RCR11: Characterisation of tumour boost with diffusion weighted MRI (DW-MRI) to inform biological target volume for radical radiotherapy in muscle invasive bladder cancer (MIBC)

Shaista Hafeez1,2,Mu Koh1,2,Dualta McQuaid1,2,Aslam Sohaib2,Robert Huddart1,2

1The Institute of Cancer Research, London, UK,2The Royal Marsden NHS Foundation Trust, Sutton, Surrey, UK

Presenting date: Tuesday 3 November
Presenting time: 12.20-13.10

Background

 

DW-MRI quantifies water molecule motion within tissue using the apparent diffusion coefficient (ADC).  As an imaging biomarker it has been related to tumour response.   We investigate use of DW-MRI to personalise radiation dose delivery in MIBC.

Method

 

21 MIBC patients suitable for radiotherapy were prospectively recruited. The tumour boost volume (GTV) was delineated using anatomical information on the radiotherapy planning CT scan.  DW-MRI was performed on a 1.5T system using b values 0, 50,100, 250, 500 and 750s/mm2. GTV drawn on 750 s/mm2 images were transferred to the corresponding ADC map to determine mean values. Skew and kurtosis values were used to assess tumour heterogeneity.  Volumes were compared using conformity index and Wilcoxon signed rank.

Results

 

All tumours seen on T2 weighted images were identified on DW-images.  In 3 patients no tumour was seen on T2 images or DW-image.   GTV mean ADC value was 1.5 x10-3mm2/s (std.deviation 0.3; range 1.0-2.3).  Mean skew and kurtosis was 2.1 (std.deviation 1.9; range 0.3-6.8) and 12.5 (std.deviation 23.6; range 0.9-83.5) respectively.

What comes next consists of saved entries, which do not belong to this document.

//! What came of a run, against what its row says.

use crate::event_text::EventText;
use crate::failing::{FailedCalls, failed_calls, failing_difference};
use crate::row::{Count, ExpectedLog, Run};
use crate::running::{Events, Outcome, failing_outcome_of, finish_of, outcome_of};
use el_app::Finish;
use el_words::NoMemory;
use el_world::Event;
use std::alloc::{AllocError, Global};
use std::fmt::{self, Display, Formatter, Write};

/// The first thing in which a run comes out otherwise than its row says.
#[derive(Drop)]
pub struct Difference {
    pub subject: Subject,
    pub expected: String,
    pub came: String,
}

#[derive(Clone, Copy)]
pub enum Subject {
    /// An event, by its number from 1.
    Event(usize),
    /// How many events there are of a kind.
    Events,
    End,
    Faults,
    Units,
    /// What follows where the call with this number fails.
    Failing(u64),
}

impl Display for Difference {
    fn fmt<W: Write>(&self, f: &mut Formatter<W>) -> fmt::Result {
        match self.subject {
            Subject::Event(number) => write!(f, "event {number}")?,
            Subject::Events => f.write_str("events")?,
            Subject::End => f.write_str("end")?,
            Subject::Faults => f.write_str("faults")?,
            Subject::Units => f.write_str("units")?,
            Subject::Failing(call) => write!(f, "where call {call} fails")?,
        }
        write!(f, ": expected {}, came {}", self.expected, self.came)
    }
}

/// The first difference, or None where all comes out as `run` says, and a failure of each of its calls in
/// turn as the rules on failures say.
// To end an outcome takes a long proof, so that a function which has one does nothing else.
pub fn first_difference(alloc: Global, run: &Run) -> Result<Option<Difference>, NoMemory> {
    let whole = outcome_of(alloc, run, run.budget)?;
    difference_from(alloc, run, &whole)
}

// The same, from what came of the whole run.
fn difference_from(
    alloc: Global,
    run: &Run,
    whole: &Outcome,
) -> Result<Option<Difference>, NoMemory> {
    let calls = failed_calls(alloc, whole.events())?;
    match run.fuse {
        Some(k) => fused_difference(alloc, run, k, calls.place_of(k)),
        None => whole_difference(alloc, run, whole, &calls),
    }
}

// The same of a row whose `k`-th call is made to fail, behind so many events.
fn fused_difference(
    alloc: Global,
    run: &Run,
    k: u64,
    place: usize,
) -> Result<Option<Difference>, NoMemory> {
    let failing = failing_outcome_of(alloc, run, k, place)?;
    outcome_difference(alloc, run, &failing)
}

// The same of a row in which no call is made to fail, by its whole run.
fn whole_difference(
    alloc: Global,
    run: &Run,
    whole: &Outcome,
    calls: &FailedCalls,
) -> Result<Option<Difference>, NoMemory> {
    if let Some(difference) = outcome_difference(alloc, run, whole)? {
        return Ok(Some(difference));
    }
    // A run of which events are only counted is too long to fail at each of them.
    if run.log.counts.is_empty() {
        if let Some(difference) = failing_difference(alloc, run, whole, calls)? {
            return Ok(Some(difference));
        }
    }
    match run.units {
        Some(units) => units_difference(alloc, run, units),
        None => Ok(None),
    }
}

fn outcome_difference(
    alloc: Global,
    run: &Run,
    outcome: &Outcome,
) -> Result<Option<Difference>, NoMemory> {
    let differs = if run.log.counts.is_empty() {
        log_difference(alloc, &run.log, outcome.events())?
    } else {
        count_difference(alloc, &run.log.counts, outcome.events())?
    };
    if differs.is_some() {
        return Ok(differs);
    }
    if run.end != Some(outcome.finish) {
        return Ok(Some(Difference {
            subject: Subject::End,
            expected: End(run.end).to_string(alloc)?,
            came: End(Some(outcome.finish)).to_string(alloc)?,
        }));
    }
    let came = outcome.faults();
    match run.faults {
        Some(expected) if expected != came => Ok(Some(Difference {
            subject: Subject::Faults,
            expected: expected.to_string(alloc)?,
            came: came.to_string(alloc)?,
        })),
        _ => Ok(None),
    }
}

fn log_difference(
    alloc: Global,
    expected: &ExpectedLog,
    log: Events<'_>,
) -> Result<Option<Difference>, AllocError> {
    let skipped = if expected.is_tail {
        log.len().saturating_sub(expected.events.len())
    } else {
        0
    };
    let compared = log.len().saturating_sub(skipped);
    for place in 0..expected.events.len().max(compared) {
        let line = expected.events.get(place).map(|line| line.as_str());
        let event = log.get(skipped + place);
        if !comes_as_expected(alloc, line, event)? {
            return Ok(Some(Difference {
                subject: Subject::Event(skipped + place + 1),
                expected: String::from_str(alloc, line.unwrap_or("no event"))?,
                came: came_text(alloc, event)?,
            }));
        }
    }
    Ok(None)
}

fn count_difference(
    alloc: Global,
    counts: &[Count],
    log: Events<'_>,
) -> Result<Option<Difference>, AllocError> {
    for count in counts {
        let came = fitting_events(alloc, count.line.as_str(), log)?;
        if came != count.events {
            return Ok(Some(Difference {
                subject: Subject::Events,
                expected: format!(in alloc; "{} {}", count.events, count.line)?,
                came: came.to_string(alloc)?,
            }));
        }
    }
    Ok(None)
}

fn fitting_events(alloc: Global, line: &str, log: Events<'_>) -> Result<usize, AllocError> {
    let mut fitting = 0usize;
    for number in 0..log.len() {
        if comes_as_expected(alloc, Some(line), log.get(number))? {
            fitting = fitting.saturating_add(1);
        }
    }
    Ok(fitting)
}

fn comes_as_expected(
    alloc: Global,
    line: Option<&str>,
    event: Option<&Event>,
) -> Result<bool, AllocError> {
    match (line, event) {
        (Some(line), Some(event)) => EventText(event).fits(alloc, line),
        _ => Ok(false),
    }
}

pub fn came_text(alloc: Global, event: Option<&Event>) -> Result<String, AllocError> {
    match event {
        Some(event) => EventText(event).on_one_line(alloc),
        None => String::from_str(alloc, "no event"),
    }
}

// The run with exactly these units, and with one less, tells whether it takes so many.
fn units_difference(alloc: Global, run: &Run, units: u64) -> Result<Option<Difference>, NoMemory> {
    let came = if finish_of(alloc, run, units)? == Finish::Spent {
        "more"
    } else if units > 0 && finish_of(alloc, run, units - 1)? != Finish::Spent {
        "fewer"
    } else {
        return Ok(None);
    };
    Ok(Some(Difference {
        subject: Subject::Units,
        expected: units.to_string(alloc)?,
        came: String::from_str(alloc, came)?,
    }))
}

// How a run ends, as rows write it.
#[derive(Drop)]
struct End(Option<Finish>);

impl Display for End {
    fn fmt<W: Write>(&self, f: &mut Formatter<W>) -> fmt::Result {
        match self.0 {
            Some(Finish::Status(code)) => write!(f, "{code}"),
            Some(Finish::Spent) => f.write_str("Spent"),
            Some(Finish::NoMemory) => f.write_str("NoMemory"),
            None => f.write_str("an end, which the row lacks"),
        }
    }
}
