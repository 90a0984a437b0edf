//! Runs every row of the tables that its words name over a scripted World, and reports each that comes
//! out otherwise than it says. Where a row names no call that fails, each of its calls fails in turn besides.
#![tactic(auto)]

mod comparing;
mod event_text;
mod failing;
mod reader;
mod row;
mod running;

use anyhow::{Context, Result};
use comparing::first_difference;
use reader::read_rows;
use row::Row;
use std::process::ExitCode;
use std::{env, fs};

fn main(rt: HostRuntime) -> Result<ExitCode> {
    let alloc = rt.alloc();
    let rows = rows_of_tables(&rt)?;
    let mut differing = 0usize;
    for row in &rows {
        if let Some(difference) = first_difference(alloc, &row.run)? {
            println!(rt; "{}: {difference}", row.name)?;
            differing += 1;
        }
    }
    println!(rt; "{} rows, {differing} differ", rows.len())?;
    Ok(ExitCode::from(u8::from(differing > 0)))
}

// The rows of the tables that it was started with, one table after the other.
fn rows_of_tables(rt: &HostRuntime) -> Result<Vec<Row>> {
    let mut rows = Vec::new(rt.alloc());
    for name in env::args(rt)?.skip(1) {
        read_table(rt, name.as_str(), &mut rows).context(name)?;
    }
    Ok(rows)
}

fn read_table(rt: &HostRuntime, name: &str, rows: &mut Vec<Row>) -> Result<()> {
    let table = fs::read_to_string(rt, name)?;
    Ok(read_rows(rt.alloc(), table.as_str(), rows)?)
}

Mean anatomical GTV was 34.1cm3 (std. deviation 21.1; range 6.7-78.7). Mean DW-MRI GTV was 15.6cm3 (std. deviation 23.4; range 0-104.4).  Mean conformity index was 38% (std.deviation 32.5; range 0-132.6).  There was significant reduction in DW-MRI GTV (p=0.001).

Conclusion

 

Acquiring DW-MRI for radiotherapy planning may complement target volume delineation and inform non-uniform dose delivery to biological sub-volumes for bladder radiotherapy dose escalation trials.